Technology

New Record Set In Data Compression

A developer from New York has set a new record in data compression. In doing so, he won the so-called “Hutter Prize for lossless compression of human knowledge,” which involves stamping out an excerpt from Wikipedia.

Shrinks the Wikipedia

The new award winner is Saurabh Kumar, as announced by the award’s founder. This is a developer who works for high-frequency trading and financial services funds in his normal working life. In this respect, he is quite used to dealing with large amounts of data, which brought him some advantages when working on better compression algorithms.

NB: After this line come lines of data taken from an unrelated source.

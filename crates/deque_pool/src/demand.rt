//! How many workers look for a task and how many tasks are ready, and the bell that wakes sleepers (idle counting).

use shared_run::turns::{Hunger, Told};
use std::sync::Wait;
use std::sync::atomic::{AtomicU64, Ordering};
use std::time::Duration;

/// What workers tell one another: how many of them have no task, how many tasks are ready, and a bell for those that sleep meanwhile. These are hints on
/// which nothing rests.
#[derive(Drop)]
pub(crate) struct Demand {
    /// Each less than none is counted down from 2^64.
    idle: AtomicU64,
    ready: AtomicU64,
    /// How often the bell was rung.
    rings: AtomicU64,
    sleepers: AtomicU64,
}

impl Demand {
    /// So many workers have no task, and no task is ready.
    pub(crate) fn of(workers: usize) -> Demand {
        Demand {
            idle: AtomicU64::new(workers as u64),
            ready: AtomicU64::new(0),
            rings: AtomicU64::new(0),
            sleepers: AtomicU64::new(0),
        }
    }

    /// Whether a task is ready.
    pub(crate) fn is_met(&self) -> bool {
        0 < self.ready.load(Ordering::SeqCst).cast_signed()
    }

    /// Notes which worker has a task.
    pub(crate) fn note(&self, told: Told) {
        if let Told::Steal = told {
            self.take_back();
        }
        let _before = match told {
            Told::Rest => self.idle.fetch_add(1, Ordering::SeqCst),
            Told::Begin | Told::Steal => self.idle.fetch_sub(1, Ordering::SeqCst),
            Told::Publication { .. } | Told::Step | Told::Stranger => 0,
        };
    }

    /// One task more is ready.
    pub(crate) fn offer(&self) {
        let _before = self.ready.fetch_add(1, Ordering::SeqCst);
    }

    /// A task that was ready is a worker's now.
    pub(crate) fn take_back(&self) {
        let _before = self.ready.fetch_sub(1, Ordering::SeqCst);
    }

    /// How often the bell was rung up to now.
    pub(crate) fn rings(&self) -> u64 {
        self.rings.load(Ordering::SeqCst)
    }

    /// Wakes so many of those that sleep.
    pub(crate) fn ring(&self, count: usize) {
        let _before = self.rings.fetch_add(1, Ordering::SeqCst);
        let sleepers = self.sleepers.load(Ordering::SeqCst);
        for _ in 0..sleepers.min(count as u64) {
            self.rings.wake_one();
        }
    }

    /// Wakes all that sleep.
    pub(crate) fn ring_for_all(&self) {
        let _before = self.rings.fetch_add(1, Ordering::SeqCst);
        self.rings.wake_all();
    }

    /// Sleeps until the bell is rung or the time is up; not at all where it was rung more often than was heard.
    pub(crate) fn sleep<R: Wait>(&self, rt: &R, heard: u64, time: Duration) {
        let _others = self.sleepers.fetch_add(1, Ordering::SeqCst);
        self.rings
            .park_timeout(rt, (heard % 0x1_0000_0000) as u32, time);
        let _all = self.sleepers.fetch_sub(1, Ordering::SeqCst);
    }
}

impl Hunger for Demand {
    /// More workers have no task than tasks are ready.
    fn is_there(&self) -> bool {
        let idle = self.idle.load(Ordering::SeqCst).cast_signed();
        self.ready.load(Ordering::SeqCst).cast_signed() < idle
    }
}
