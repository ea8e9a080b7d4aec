//! The loop of a worker on its thread: it works, looks for tasks, pauses, yields and sleeps (idle, backoff).
ghost use Rattle.std.specs.Prelude.{◌≡◌, ◌↔◌};

use crate::demand::Demand;
use crate::gate::{Gate, Go, pass};
use crate::locking::pause;
use crate::outlook::Quit;
use crate::turns::met;
use crate::workers::Worker;
use shared_run::turns::{Met, turn};
use shared_run::{Bench, Shared};
use std::sync::Wait;
use std::sync::atomic::{AtomicBool, Ordering};
use std::thread;
use std::time::Duration;

/// How many searches in vain a worker makes with no more than a pause between them, while it keeps its processor for itself.
const PAUSES: u32 = 64;

/// How many more it makes with a yield between them, before it sleeps: to be woken takes longer than some hundreds of searches. 4,096 gained nothing, nor did
/// longer pauses in place of yields (builds without proofs).
const YIELDS: u32 = 256;

/// How long such a pause is, in turns of a loop that does nothing: about a microsecond.
const PAUSE: u32 = 16;

/// The longest time that a worker sleeps at first, in microseconds. It is woken for each offer, so this bounds only how late it looks for a
/// task whose ticket was refused memory; the shorter, the more of a processor a worker takes that has nothing to do.
const SHORTEST_SLEEP: u64 = 64;

/// How often that time is doubled, from sleep to sleep: up to a millisecond.
const DOUBLINGS: u32 = 4;

/// The instructions of some hundred microseconds. To start threads takes about as long, so a run of fewer starts none. Where all began at once, with
/// all their pages made, `fib` of 12 (4,647 instructions) had 594 page faults on four workers, and has 46 now.
const ALONE: u64 = 32_768;

/// What a worker does next.
#[derive(Clone, Copy)]
enum Next {
    FrameStrand,
    Search,
    Rest {
        /// How often the bell was rung before the search.
        heard: u64,
    },
    Leave(Quit),
}

/// More meetings than a strand has: one for each of the 512 pages that it may lack, and one at its end. So the loop has a bound that nothing comes to.
const MOST_MEETINGS: u32 = 4_096;

/// Works until a worker leaves: `main` has returned, memory was refused, or the gate stopped the run. Why this worker left stands in it.
pub(crate) fn work<L: Bench, G: Gate, R: Wait>(
    rt: &R,
    shared: &Shared<'_, L>,
    over: &AtomicBool,
    demand: &Demand,
    gate: &G,
    worker: &mut Worker<'_, L>,
) {
    let me = worker.seat.worker();
    // Worker 0 begins with `root`, and the others have no task.
    let mut next = after(met(rt, shared, demand, worker), 0);
    let mut rests: u32 = 0;
    for _ in rt.forever() {
        if over.load(Ordering::SeqCst) {
            return;
        }
        match next {
            Next::FrameStrand => {
                rests = 0;
                next = match pass(gate, me, worker.figures.count_strand()) {
                    Go::On => do_strand(rt, shared, demand, worker),
                    Go::Stop => Next::Leave(Quit::Stopped),
                };
            }
            Next::Search => next = search(rt, shared, demand, worker, rests),
            Next::Rest { heard } => {
                rest(rt, demand, heard, rests);
                rests = rests.saturating_add(1);
                next = Next::Search;
            }
            Next::Leave(left) => {
                worker.left = left;
                over.store(true, Ordering::SeqCst);
                demand.ring_for_all();
            }
        }
    }
}

/// The worker of `root` works alone for its first instructions, and then until a task is ready; whether the run goes on. No other worker has begun, and no
/// gate is asked.
pub(crate) fn work_alone<L: Bench, R: Wait>(
    rt: &R,
    shared: &Shared<'_, L>,
    demand: &Demand,
    worker: &mut Worker<'_, L>,
) -> bool {
    worker.habits.keep_quiet(ALONE);
    let mut next = after(met(rt, shared, demand, worker), 0);
    for _ in rt.forever() {
        match next {
            Next::FrameStrand if worker.figures.instructions < ALONE || !demand.is_met() => {
                let _before = worker.figures.count_strand();
                next = do_strand(rt, shared, demand, worker);
            }
            Next::Leave(left) => {
                worker.left = left;
                return false;
            }
            Next::FrameStrand | Next::Search | Next::Rest { heard: _ } => break,
        }
    }
    worker.habits.keep_quiet(0);
    true
}

/// One strand of the worker's task; tasks that it leaves ready are offered.
fn do_strand<L: Bench, R: Wait>(
    rt: &R,
    shared: &Shared<'_, L>,
    demand: &Demand,
    worker: &mut Worker<'_, L>,
) -> Next {
    for _meeting in 0..MOST_MEETINGS {
        turn(&mut worker.strand, &mut worker.habits, demand);
        let heard = demand.rings();
        match met(rt, shared, demand, worker) {
            Met::Work if !worker.habits.is_new() => {}
            met => return after(met, heard),
        }
    }
    Next::FrameStrand
}

/// What comes after a meeting.
fn after(met: Met, heard: u64) -> Next
    ensures { (result ≡ Next.Leave Quit.Starved) ↔ (met ≡ Met.OutOfMemory) }
{
    match met {
        Met::Work => Next::FrameStrand,
        Met::Idle => Next::Rest { heard },
        Met::Ended => Next::Leave(Quit::Over),
        Met::OutOfMemory => Next::Leave(Quit::Starved),
    }
}

/// Looks for a task, where one may be ready. A worker that has yielded for long looks whatever others told, for a ticket may have been lost.
fn search<L: Bench, R: Wait>(
    rt: &R,
    shared: &Shared<'_, L>,
    demand: &Demand,
    worker: &mut Worker<'_, L>,
    rests: u32,
) -> Next {
    worker.figures.searches = worker.figures.searches.saturating_add(1);
    let heard = demand.rings();
    if !demand.is_met() && rests < PAUSES + YIELDS {
        return Next::Rest { heard };
    }
    after(met(rt, shared, demand, worker), heard)
}

/// Lets other threads go first: at first by a pause, then by a yield, later by a sleep until a task is offered, so that a worker with nothing to do needs no
/// processor.
fn rest<R: Wait>(rt: &R, demand: &Demand, heard: u64, rests: u32) {
    if rests < PAUSES {
        pause(PAUSE);
        return;
    }
    match rests.checked_sub(PAUSES + YIELDS) {
        None => thread::yield_now(),
        Some(slept) => {
            let doublings = slept.min(DOUBLINGS);
            let time = Duration::from_micros(SHORTEST_SLEEP << doublings);
            demand.sleep(rt, heard, time);
        }
    }
}
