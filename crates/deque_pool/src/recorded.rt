//! The answer of a run on threads, with its events and what each worker did.

use crate::figures::Figures;
use shared_run::{Finished, History};

/// A run that has ended, with what was done in it.
#[derive(Drop)]
pub struct Recorded {
    /// What it came to.
    pub finished: Finished,
    /// The events that were done, in their order; a replay of them comes to the same.
    pub history: History,
    /// What each worker did, by its number.
    pub figures: Vec<Figures>,
}
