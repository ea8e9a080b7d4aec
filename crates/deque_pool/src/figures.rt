//! What each worker did in a run: instructions, steals, searches, publications (scheduler statistics).

use shared_run::turns::{Reason, Told};

/// What a worker did in a run. Each number stays at 2^64 - 1.
#[derive(Clone, Copy)]
pub struct Figures {
    /// The instructions that it did: all workers' together are those of the run.
    pub instructions: u64,
    /// The strands that it began, each after its gate.
    pub strands: u64,
    /// The tasks that it took: its own again by their tickets, those of others, and those that it found at the board.
    pub steals: u64,
    /// The times that it looked again for a task, where it had found none.
    pub searches: u64,
    /// The strands that were done for nothing: others had meanwhile changed what they rest on.
    pub strangers: u64,
    /// How often it put on the board what it had done, at the end of a strand or of a frame that ended right behind it: the four numbers below together.
    pub publications: u64,
    /// Next was what only the board does.
    pub at_borders: u64,
    /// The next cell was of one more page than a strand has.
    pub at_full_logs: u64,
    /// They had done as much as a strand does.
    pub at_limits: u64,
    /// Others waited for tasks.
    pub for_others: u64,
}

impl Figures {
    /// Nothing yet.
    pub(crate) fn none() -> Figures {
        Figures {
            instructions: 0,
            strands: 0,
            steals: 0,
            searches: 0,
            strangers: 0,
            publications: 0,
            at_borders: 0,
            at_full_logs: 0,
            at_limits: 0,
            for_others: 0,
        }
    }

    /// Counts what the worker did at the board.
    pub(crate) fn count(&mut self, told: Told) {
        let count = match told {
            Told::Publication {
                instructions,
                reason,
            } => {
                self.instructions = self.instructions.saturating_add(instructions);
                self.publications = self.publications.saturating_add(1);
                match reason {
                    Reason::Border => &mut self.at_borders,
                    Reason::Full => &mut self.at_full_logs,
                    Reason::Asked => &mut self.for_others,
                    Reason::Limit => &mut self.at_limits,
                }
            }
            Told::Step => &mut self.instructions,
            Told::Stranger => &mut self.strangers,
            Told::Steal => &mut self.steals,
            Told::Begin | Told::Rest => return,
        };
        *count = count.saturating_add(1);
    }

    /// A strand begins. The answer is how many began before.
    pub(crate) fn count_strand(&mut self) -> u64 {
        let before = self.strands;
        self.strands = self.strands.saturating_add(1);
        before
    }
}
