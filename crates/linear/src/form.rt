//! Linear forms (affine expressions) over registers, and facts: forms that are at least 0.

ghost use Rattle.linear.specs.Forms.{IsForm};
ghost use Rattle.linear.specs.Terms.{Combination};

use lists::Seq;
use std::marker::Model;

/// A register of a function, by its number. The parameters come first, in their order.
#[derive(Clone, Copy, PartialEq, Eq)]
pub struct RegisterId(pub usize);

/// A register times a number.
#[derive(Clone, Copy)]
pub struct Term {
    pub register: RegisterId,
    pub coefficient: i64,
}

/// A sum of registers times numbers, and a number.
///
/// The registers rise; a coefficient is below 2^24 and the constant below 2^100 in size, so that products of two forms' numbers are
/// exact in 128 bits. Contracts see the terms and the constant as a `Combination`.
#[derive(Drop)]
pub struct Form {
    pub terms: Seq<Term>,
    pub constant: i128,
}

impl Model for Form {
    ghost Value = { Combination };

    ghost view = { λ f. record { terms = f.terms; constant = f.constant } };

    ghost invariant = { λ f. IsForm (record { terms = f.terms; constant = f.constant }) };
}

/// A form that is at least 0.
#[derive(Drop)]
pub struct Fact {
    pub form: Form,
}
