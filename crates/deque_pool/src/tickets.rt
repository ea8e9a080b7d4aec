//! The ends of the deques that a worker has at hand: it offers tickets, takes its newest, and steals from others.

use crate::demand::Demand;
use crate::figures::Figures;
use deque_pool_tickets::{Hands, Taken, Thief};
use shared_run::Ticket;
use shared_run::turns::{Tasks, Told};

/// A worker's ends of the lists, for one meeting.
#[derive(Drop)]
pub(crate) struct Ends<'w> {
    pub(crate) demand: &'w Demand,
    pub(crate) hands: &'w mut Hands,
    pub(crate) thieves: &'w mut Vec<Thief>,
    pub(crate) figures: &'w mut Figures,
}

impl Tasks for Ends<'_> {
    fn offer(&mut self, _worker: u8, ticket: Ticket) {
        self.demand.offer();
        let _ = self.hands.offer(ticket);
    }

    fn withdraw(&mut self, _worker: u8, own: (usize, u64)) {
        self.demand.take_back();
        if let Some(ticket) = self.hands.take_newest()
            && (ticket.slot != own.0 || ticket.generation != own.1)
        {
            let _ = self.hands.offer(ticket);
        }
    }

    /// The worker's own newest, or else the oldest of another.
    fn next(&mut self, _worker: u8) -> Option<Ticket> {
        if let Some(own) = self.hands.take_newest() {
            return Some(own);
        }
        for thief in self.thieves.iter_mut() {
            if let Taken::Ticket(ticket) = thief.take_oldest() {
                return Some(ticket);
            }
        }
        None
    }

    fn note(&mut self, told: Told) {
        self.demand.note(told);
        self.figures.count(told);
    }
}
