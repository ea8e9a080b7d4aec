//! Why a form could not be made: a number passes its bounds, or memory was refused.

ghost use Rattle.std.specs.Prelude.{◌≡◌};
ghost use Rattle.linear.specs.declared.fault.FormFault.TheVariants.{Memory};

use std::alloc::{AllocError, AllocFailed};
use thiserror::Error;

/// A coefficient or the constant would pass the bounds of a form, or memory was refused.
#[derive(Clone, Copy, Debug, PartialEq, Eq, Error)]
pub enum FormFault {
    #[error("a form past its bounds")]
    Bounds,
    #[error("out of memory")]
    Memory,
}

impl From<AllocError> for FormFault {
    ghost from_gives = { λ _ e. e ≡ Memory };

    fn from(_error: AllocError) -> FormFault {
        FormFault::Memory
    }
}

impl<T: Drop> From<AllocFailed<T>> for FormFault {
    ghost from_gives = { λ _ e. e ≡ Memory };

    fn from(_error: AllocFailed<T>) -> FormFault {
        FormFault::Memory
    }
}
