// A number, or `-` and a number.
pub fn number(text: &[u8], c: Cursor) -> NumberRead
    requires { Ready text.now c }
    ensures { NumberMeans text.now c result }
{
    if sees(c, b'-') {
        let m = advance(text, c);
        return match number_seen(text, m) {
            NumberSeen::Is(n) => NumberRead::Is(true, n, advance(text, m)),
            NumberSeen::Not => NumberRead::Missing(place(c)),
        };
    }
    match number_seen(text, c) {
        NumberSeen::Is(n) => NumberRead::Is(false, n, advance(text, c)),
        NumberSeen::Not => NumberRead::Missing(place(c)),
    }
}

// Counts a number that was taken, if it was rounded.
pub fn count(c: Cursor, rounded: bool) -> Cursor
    requires { rounded_of c ≤ text_limit }
    ensures { result ≡ tallied rounded c }
{
    if rounded {
        return Cursor {
            word: c.word + 4294967296,
        };
    }
    c
}

// The number at m, which is c, or behind the `-` at c, as an f32.
fn signed_float(text: &[u8], c: Cursor, m: Cursor, negative: bool) -> FloatRead
    requires { Ready text.now c × Ready text.now m × SignAt text.now c m negative }
    ensures { FloatMeans text.now c parse_float result }
{
    match number_seen(text, m) {
        NumberSeen::Is(n) => {
            let x = token::float_of(text, negative, n);
            FloatRead::Is(x.value, count(advance(text, m), x.rounded))
        }
        NumberSeen::Not => FloatRead::Refused(Refusal::Malformed, place(c)),
    }
}

pub fn parse_float(text: &[u8], c: Cursor) -> FloatRead
    requires { Ready text.now c }
    ensures { FloatMeans text.now c parse_float result }
{
    if sees(c, b'-') {
        return signed_float(text, c, advance(text, c), true);
    }
    signed_float(text, c, c, false)
}
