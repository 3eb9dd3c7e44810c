// The operations for C and Rust to link: the functions of `strip`, under their names and with their promises.
#![tactic(auto)]

ghost use Rattle.std.specs.Prelude.{◌≡◌};
ghost use Rattle.colors.specs.Css.{coloring};
ghost use Rattle.reading.specs.Reading.{reading};
ghost use Rattle.checking.specs.Checking.{checking};
ghost use Rattle.lining.specs.Lining.{lining};
ghost use Rattle.converting.specs.Convert.{converting};
ghost use Rattle.script.specs.Output.{printing};
ghost use Rattle.totals.specs.Mean.{mean};
ghost use Rattle.feeding.specs.Feed.{fed, feeding};
ghost use Rattle.writing.specs.Back.{writing};
ghost use Rattle.books.specs.Lookup.{looking_up};
ghost use Rattle.books.specs.Listing.{listing};
ghost use Rattle.planed.specs.Planing.{planing, unplaning};
ghost use Rattle.drawing.specs.Wave.{drawing};
ghost use Rattle.packed.specs.Packed.{packed_check, packed_lookup, read_outcome, line_outcome, print_outcome, feed_outcome, mean_outcome, color_outcome, convert_outcome, order_outcome, wave_outcome};

#[unsafe(no_mangle)]
pub extern "C" fn strip_read(text: &[u8], scratch: &mut [u16], sheet: &mut [u8]) -> u64
    ensures { (result, scratch.new, sheet.new) ≡ read_outcome (reading text.now scratch.old sheet.old) }
{
    strip::strip_read(text, scratch, sheet)
}

#[unsafe(no_mangle)]
pub extern "C" fn strip_check(text: &[u8], sheet: &[u8], list: u32) -> u64
    ensures { result ≡ packed_check (checking list text.now sheet.now) }
{
    strip::strip_check(text, sheet, list)
}

#[unsafe(no_mangle)]
pub extern "C" fn strip_line(text: &[u8], sheet: &[u8], ordinal: u32, out: &mut [u8]) -> u64
    ensures { (result, out.new) ≡ line_outcome (lining text.now sheet.now ordinal out.old) }
{
    strip::strip_line(text, sheet, ordinal, out)
}

#[unsafe(no_mangle)]
pub extern "C" fn strip_print(
    text: &[u8],
    scratch: &mut [u16],
    sheet: &mut [u8],
    page: &mut [u8],
    list: u32,
) -> u64
    ensures { (result, scratch.new, sheet.new, page.new) ≡ print_outcome (printing list text.now scratch.old sheet.old page.old) }
{
    strip::strip_print(text, scratch, sheet, page, list)
}

#[unsafe(no_mangle)]
pub extern "C" fn strip_feed(
    totals: &mut [u32; 60],
    text: &[u8],
    scratch: &mut [u16],
    sheet: &mut [u8],
    list: u32,
) -> u64
    ensures { (result, totals.new, scratch.new, sheet.new) ≡ feed_outcome (feeding totals.old (fed list text.now scratch.old sheet.old)) }
{
    strip::strip_feed(totals, text, scratch, sheet, list)
}

#[unsafe(no_mangle)]
pub extern "C" fn strip_mean(totals: &[u32; 60], which: u32, out: &mut [u32; 2]) -> u64
    ensures { (result, out.new) ≡ mean_outcome (mean totals.now which) out.old }
{
    strip::strip_mean(totals, which, out)
}

#[unsafe(no_mangle)]
pub extern "C" fn strip_write(text: &[u8], sheet: &[u8], out: &mut [u8], list: u32) -> u64
    ensures { (result, out.new) ≡ line_outcome (writing list text.now sheet.now out.old) }
{
    strip::strip_write(text, sheet, out, list)
}

#[unsafe(no_mangle)]
pub extern "C" fn strip_color(string: &[u8]) -> u64
    ensures { result ≡ color_outcome (coloring string.now) }
{
    strip::strip_color(string)
}

#[unsafe(no_mangle)]
pub extern "C" fn strip_convert(text: &[u8], sheet: &mut [u8]) -> u64
    ensures { (result, sheet.new) ≡ convert_outcome (converting text.now sheet.old) }
{
    strip::strip_convert(text, sheet)
}

#[unsafe(no_mangle)]
pub extern "C" fn strip_lookup(store: &[u8], chain: &[u8], name: &[u8]) -> u64
    ensures { result ≡ packed_lookup (looking_up store.now chain.now name.now) }
{
    strip::strip_lookup(store, chain, name)
}

#[unsafe(no_mangle)]
pub extern "C" fn strip_order(book: &[u8], out: &mut [u8]) -> u64
    ensures { (result, out.new) ≡ order_outcome (listing book.now out.old) }
{
    strip::strip_order(book, out)
}

#[unsafe(no_mangle)]
pub extern "C" fn strip_plane(text: &[u8], sheet: &[u8], out: &mut [u8]) -> u64
    ensures { (result, out.new) ≡ line_outcome (planing text.now sheet.now out.old) }
{
    strip::strip_plane(text, sheet, out)
}

#[unsafe(no_mangle)]
pub extern "C" fn strip_unplane(text: &[u8], planed: &[u8], out: &mut [u8]) -> u64
    ensures { (result, out.new) ≡ line_outcome (unplaning text.now planed.now out.old) }
{
    strip::strip_unplane(text, planed, out)
}

#[unsafe(no_mangle)]
pub extern "C" fn strip_wave(kind: u32, phase: u32, heights: &mut [i16]) -> u64
    ensures { (result, heights.new) ≡ wave_outcome (drawing kind phase heights.old) }
{
    strip::strip_wave(kind, phase, heights)
}
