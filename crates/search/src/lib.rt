// The search for the next step, in two lent buffers: the rows passed, the rows to come. It goes on where it stands: what was passed cannot step.
#![tactic(auto)]

ghost use Rattle.std.specs.Prelude.{◌≡◌, ◌+◌, ◌*◌, ◌-◌, ◌/◌, ◌≤◌, ◌<◌, true, eqb, ltb, length, get_or, drop};
ghost use Rattle.layout.specs.Rows.{term_rows};
ghost use Rattle.meaning.specs.Bytes.{◌∧ᵇ◌, read, term_row};
ghost use Rattle.meaning.specs.Types.{member};
ghost use Rattle.meaning.specs.Terms.{size, arity, row_of, tree_at};
ghost use Rattle.meaning.specs.Steps.{◌∨ᵇ◌, value_kinds, made_of_values};
ghost use Rattle.search.specs.Kinds.{waits_by, looks_by, part_kinds, parts_below};
ghost use Rattle.search.specs.Kept.{row_count, kind_at, row_in, owed_in, flag_in, entered_number, passed_number, copied, tree_here, first_kind, wants, wants_here, fits_here, value_end, fits_end, Enters, Passes, Leaves};
ghost use Rattle.search.specs.Search.{next_kind, looked_by, Into, Room, Somewhere, Sees, Stops, Spans, SpansHere, Nested, Delves, Resumes};
ghost use Rattle.search.specs.declared.Sight.TheVariants.{Enter};

use layout::kinds::Kind;

// What a search sees where it stands.
#[derive(Clone, Copy)]
pub enum Sight {
    // all trees of the innermost frame are passed
    Done,
    // a tree that is not looked at
    Skip,
    // a row that is looked into before its own rule is tried
    Enter,
    // a row whose own rule is tried
    Here,
}

// Where a search stands: the rows passed, the first row to come, the frames; and where it stopped, whether at a row or at a frame's end.
#[derive(Clone, Copy)]
pub struct Stand {
    pub l: usize,
    pub r: usize,
    pub d: usize,
    pub here: bool,
}

// A frame is kept as one number: its row among the rows passed, its trees still to come, its flag.
pub fn row_in(x: u32) -> usize
    ensures { result ≡ row_in x }
{
    (x / 1024) as usize
}

fn owed_in(x: u32) -> usize
    ensures { result ≡ owed_in x }
{
    (x % 1024 / 2) as usize
}

pub fn flag_in(x: u32) -> bool
    ensures { result ≡ flag_in x }
{
    x % 2 == 1
}

// The number of a frame that is entered at row l, with n trees.
fn entered_number(l: usize, n: usize) -> u32
    requires { (l ≤ 4096) × (n ≤ 256) }
    ensures { result ≡ entered_number l n }
{
    (1024 * l + 2 * n + 1) as u32
}

// A frame's number when a tree of it is passed that is as its rule wants it or not.
fn passed_number(x: u32, fine: bool) -> u32
    requires { 0 < owed_in x }
    ensures { result ≡ passed_number x fine }
{
    if fine {
        return x - 2;
    }
    x - 2 - x % 2
}

#[tactic(auto, using(crate::proofs::Ors::ors))]
fn is_list(k: u8) -> bool
    ensures { result ≡ (eqb k 12 ∨ᵇ eqb k 13) }
{
    matches!(Kind::of(k), Some(Kind::Nil | Kind::Cons))
}

// Whether a row of kind k is looked into before its own rule is tried, where its first tree is of kind c.
#[tactic(auto, using(crate::proofs::Ors::ors), unfolding(crate::specs::Kinds::waits_by))]
fn waits(k: u8, c: u8) -> bool
    ensures { result ≡ waits_by k c }
{
    match Kind::of(k) {
        Some(Kind::Apply) => c != Kind::Native.number(),
        Some(Kind::If) => c != Kind::True.number() && c != Kind::False.number(),
        Some(Kind::Cons | Kind::Tuple) => true,
        Some(Kind::IsNil | Kind::ListProject) => !is_list(c),
        Some(Kind::Project) => c != Kind::Tuple.number(),
        _ => false,
    }
}

// Whether a row of kind k that waits looks at its place j, where a tree of kind t stands: its first tree is of kind c with mask m.
#[tactic(auto, using(crate::proofs::Ors::ors), unfolding(crate::specs::Kinds::looks_by))]
fn looks(k: u8, j: usize, c: u8, m: u8, t: u8) -> bool
    ensures { result ≡ looks_by k j c m t }
{
    match Kind::of(k) {
        Some(Kind::Apply) => match Kind::of(c) {
            Some(Kind::Foreign) => j != 0,
            Some(Kind::Zip) => j != 0 && terms::masks::mask_bit(m, j - 1) && !is_list(t),
            _ => j == 0,
        },
        Some(Kind::Cons | Kind::Tuple) => true,
        _ => j == 0,
    }
}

The standardized Hutter Prize is about compressing a 1 billion byte (1 gigabyte) excerpt from the online encyclopedia Wikipedia as much as possible – of course in a form with which the original can then be restored without loss. Kumar managed to beat the previous record holder with a result that was 1.04 percent smaller.

11.41 percent!

Specifically, the developer’s compression algorithm managed to shrink the original data set to a size of just 114,156,155 bytes, i.e. around 114 megabytes. This left only 11.41 percent of the original size. Since the reward for the price mentioned depends on the strength of the compression achieved, there is no round amount: the developer is now entitled to 5187 euros in prize money.

In times of gigantic capacities for data storage and fast transmission speeds, data compression seems to be of less use than it was a few years ago. However, this is a fallacy. Because this is not just about the direct use cases in everyday life. Rather, research into algorithms also offers more in-depth insights into working with data structures, which are more in demand today than ever to improve AI development.